In the data below, which lines contain "IsQuiet"? List them by copying each one.
(Beginning of DATA)
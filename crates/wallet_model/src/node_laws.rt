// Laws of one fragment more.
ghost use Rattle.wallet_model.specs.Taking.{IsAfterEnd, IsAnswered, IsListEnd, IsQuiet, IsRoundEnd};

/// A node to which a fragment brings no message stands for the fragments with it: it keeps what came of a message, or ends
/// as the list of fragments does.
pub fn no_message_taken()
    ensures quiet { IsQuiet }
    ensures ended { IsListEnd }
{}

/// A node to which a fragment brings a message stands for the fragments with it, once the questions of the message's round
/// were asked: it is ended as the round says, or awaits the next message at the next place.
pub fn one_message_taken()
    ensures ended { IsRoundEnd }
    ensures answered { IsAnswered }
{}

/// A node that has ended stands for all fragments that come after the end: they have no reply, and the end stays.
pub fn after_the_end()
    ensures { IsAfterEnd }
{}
(End of DATA)
(Beginning of DATA)
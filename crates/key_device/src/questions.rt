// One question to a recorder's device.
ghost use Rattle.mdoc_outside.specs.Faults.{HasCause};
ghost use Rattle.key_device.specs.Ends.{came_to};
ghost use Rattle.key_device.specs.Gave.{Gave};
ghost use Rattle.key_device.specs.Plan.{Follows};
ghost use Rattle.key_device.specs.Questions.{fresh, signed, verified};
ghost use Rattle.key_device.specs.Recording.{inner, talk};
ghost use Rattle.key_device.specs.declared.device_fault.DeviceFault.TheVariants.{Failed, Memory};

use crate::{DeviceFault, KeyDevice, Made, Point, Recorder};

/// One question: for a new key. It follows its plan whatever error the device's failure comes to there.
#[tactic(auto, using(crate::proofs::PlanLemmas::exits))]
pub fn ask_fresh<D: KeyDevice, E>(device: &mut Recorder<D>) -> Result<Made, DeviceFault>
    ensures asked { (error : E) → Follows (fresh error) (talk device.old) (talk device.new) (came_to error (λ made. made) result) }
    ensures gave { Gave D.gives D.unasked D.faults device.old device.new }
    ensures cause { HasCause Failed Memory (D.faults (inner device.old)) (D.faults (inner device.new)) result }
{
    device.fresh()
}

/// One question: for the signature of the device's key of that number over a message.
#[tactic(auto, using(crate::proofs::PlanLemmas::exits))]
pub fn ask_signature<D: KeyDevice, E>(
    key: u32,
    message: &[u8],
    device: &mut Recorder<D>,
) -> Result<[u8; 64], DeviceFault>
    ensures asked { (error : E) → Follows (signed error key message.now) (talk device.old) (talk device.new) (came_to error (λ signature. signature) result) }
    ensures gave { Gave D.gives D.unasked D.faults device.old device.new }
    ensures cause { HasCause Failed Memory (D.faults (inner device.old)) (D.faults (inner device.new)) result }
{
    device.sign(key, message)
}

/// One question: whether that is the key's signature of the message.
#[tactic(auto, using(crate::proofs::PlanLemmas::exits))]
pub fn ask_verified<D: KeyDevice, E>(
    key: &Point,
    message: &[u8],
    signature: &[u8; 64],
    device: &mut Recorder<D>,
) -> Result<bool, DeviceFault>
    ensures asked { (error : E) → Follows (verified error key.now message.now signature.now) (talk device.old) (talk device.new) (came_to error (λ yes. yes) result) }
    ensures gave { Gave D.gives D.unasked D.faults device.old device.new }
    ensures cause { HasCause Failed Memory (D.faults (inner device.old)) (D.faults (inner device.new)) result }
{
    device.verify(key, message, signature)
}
(End of DATA)
■ EXERCISE SOLUTION:
ghost use Rattle.wallet_model.specs.Taking.{IsAfterEnd, IsAnswered, IsListEnd, IsQuiet, IsRoundEnd};
    ensures quiet { IsQuiet }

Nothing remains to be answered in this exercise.